TASK GOAL:
From the entries that follow, extract each line holding the string "match".

DATA SUPPLIED:
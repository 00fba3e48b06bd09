//! The batches of a job for one thread.
ghost use Rattle.std.specs.Prelude.{◌≡◌, ◌≤◌, ◌<◌, IfOk, [], drop, length, take};
ghost use Rattle.rif_refusals.specs.Limits.{most_batch_items};
ghost use Rattle.rif_script.specs.Cutting.{script_entries, is_control, ends_behind, served_count};
ghost use Rattle.rif_script.specs.Cutting.{batches_behind, batches_of_entries, left_of_entries};
ghost use Rattle.rif_script.specs.Ranks.{sent_so_far};

use crate::job::Job;
use rif_refusals::limits::MOST_BATCH_ITEMS;
use rif_values::{Listed, OutOfMemory};
use session_states::{Batch, Entry, Item};
use std::alloc::Global;
use std::collections::BTreeMap;
use std::mem;

/// The batches of a job's items for one thread, and the entries that are left. A batch ends after a control
/// item, after 1,024 items or at the end of the script; what stands behind the first Dispose is left.
/// The cost is a copy of each item, and for each a look-up of its client among those that have sent some, which
/// grows with the logarithm of their number.
///
/// Source: our own (docs/PROFILE.md, "Replay").
pub fn batches_of(alloc: Global, job: &Job) -> Result<(Vec<Batch>, Vec<Entry>), OutOfMemory>
    ensures batches { IfOk result (λ cut. cut.0.items ≡ batches_of_entries (script_entries job.now)) }
    ensures left { IfOk result (λ cut. cut.1.items ≡ left_of_entries (script_entries job.now)) }
{
    let mut entries = entries_of(alloc, job)?;
    let left = entries.split_off(served(&entries))?;
    Ok((batches(alloc, entries)?, left))
}

// The entries of a job's items. The number of items that each client has sent so far is its next rank.
fn entries_of(alloc: Global, job: &Job) -> Result<Vec<Entry>, OutOfMemory>
    ensures { IfOk result (λ entries. entries.items ≡ script_entries job.now) }
{
    let mut entries = Vec::new(alloc);
    let mut sent = BTreeMap::new(alloc);
    for (client, item) in job.items.as_slice() {
        let rank = sent_so_far(&sent, *client);
        entries.push(Entry {
            client: *client,
            rank,
            item: item.copy()?,
        })?;
        sent.insert(*client, rank + 1)?;
    }
    Ok(entries)
}

// How many items a client has sent, where the map has these numbers of all that have sent some.
fn sent_so_far(sent: &BTreeMap<u32, u64>, client: u32) -> u64
    ensures { result ≡ sent_so_far sent.now client }
{
    match sent.get(&client) {
        Some(count) => *count,
        None => 0,
    }
}

// How many entries there are up to the first Dispose, and with it.
fn served(entries: &[Entry]) -> usize
    ensures is { result ≡ served_count entries.now }
    ensures within { result ≤ length entries.now }
{
    for (before, entry) in entries.iter().enumerate() {
        if let Item::Dispose = entry.item {
            return before + 1;
        }
    }
    entries.len()
}

// The batches of entries that are served.
fn batches(alloc: Global, entries: Vec<Entry>) -> Result<Vec<Batch>, OutOfMemory>
    ensures { IfOk result (λ batches. batches.items ≡ batches_behind 0 entries.items) }
{
    let mut batches = Vec::new(alloc);
    let mut open = Listed::new(alloc);
    for entry in entries {
        let ends = is_last(open.len(), &entry.item);
        open.push(entry)?;
        if ends {
            let batch = mem::replace(&mut open, Listed::new(alloc));
            batches.push(Batch::from_entries(batch))?;
        }
    }
    if open.is_empty() {
        return Ok(batches);
    }
    batches.push(Batch::from_entries(open))?;
    Ok(batches)
}

// Whether an item ends a batch in which so many stand before it.
fn is_last(before: usize, item: &Item) -> bool
    requires { before < most_batch_items }
    ensures { result ≡ ends_behind before item.now }
{
    is_control_item(item) || before + 1 == MOST_BATCH_ITEMS
}

fn is_control_item(item: &Item) -> bool
    ensures { result ≡ is_control item.now }
{
    match item {
        Item::Change(_) => false,
        Item::Fire(_) | Item::Until(_) | Item::Halt | Item::Dispose => true,
    }
}
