ghost use Rattle.std.specs.Prelude.{◌≡◌, ◌-◌, ◌<◌, ◌^◌, [], ◌∷◌};

use crate::failed::Failed;
use rif_values::Listed;

/// Which calls on a form in memory fail, and what was counted of them.
#[derive(Drop)]
pub struct FaultPlan {
    /// The numbers of the calls that fail, counted from 1.
    pub fail: Listed<u64>,
    /// The calls that were made, cut to `u64::MAX`.
    pub calls: u64,
    /// The calls that have failed.
    pub faults: u64,
}

impl FaultPlan {
    ghost use Rattle.rif_script.specs.InMemory.{fresh_plan, is_next_planned, call_answer, plan_after};

    /// The plan in which the calls of these numbers fail. It takes no memory.
    pub fn new(fail: Vec<u64>) -> FaultPlan
        ensures { result ≡ fresh_plan fail.items }
    {
        FaultPlan {
            fail: Listed::from_vec(fail),
            calls: 0,
            faults: 0,
        }
    }

    /// Counts a call. It fails where its number is in the plan, or where it `is_blocked`. The cost is
    /// the plan's length.
    pub fn count_call(&mut self, is_blocked: bool) -> Result<(), Failed>
        requires { self.old.faults < 2 ^ 64 - 1 }
        ensures answer { result ≡ call_answer self.old is_blocked }
        ensures after { self.new ≡ plan_after self.old is_blocked }
    {
        let is_planned = self.is_next_planned();
        self.calls = self.calls.saturating_add(1);
        if is_blocked || is_planned {
            self.faults += 1;
            return Err(Failed);
        }
        Ok(())
    }

    fn is_next_planned(&self) -> bool
        ensures { result ≡ is_next_planned self.now }
    {
        match self.calls.checked_add(1) {
            Some(number) => self.fail.as_slice().contains(&number),
            None => false,
        }
    }
}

WRITTEN REPLY:
    match sent.get(&client) {
    match item {
        match self.calls.checked_add(1) {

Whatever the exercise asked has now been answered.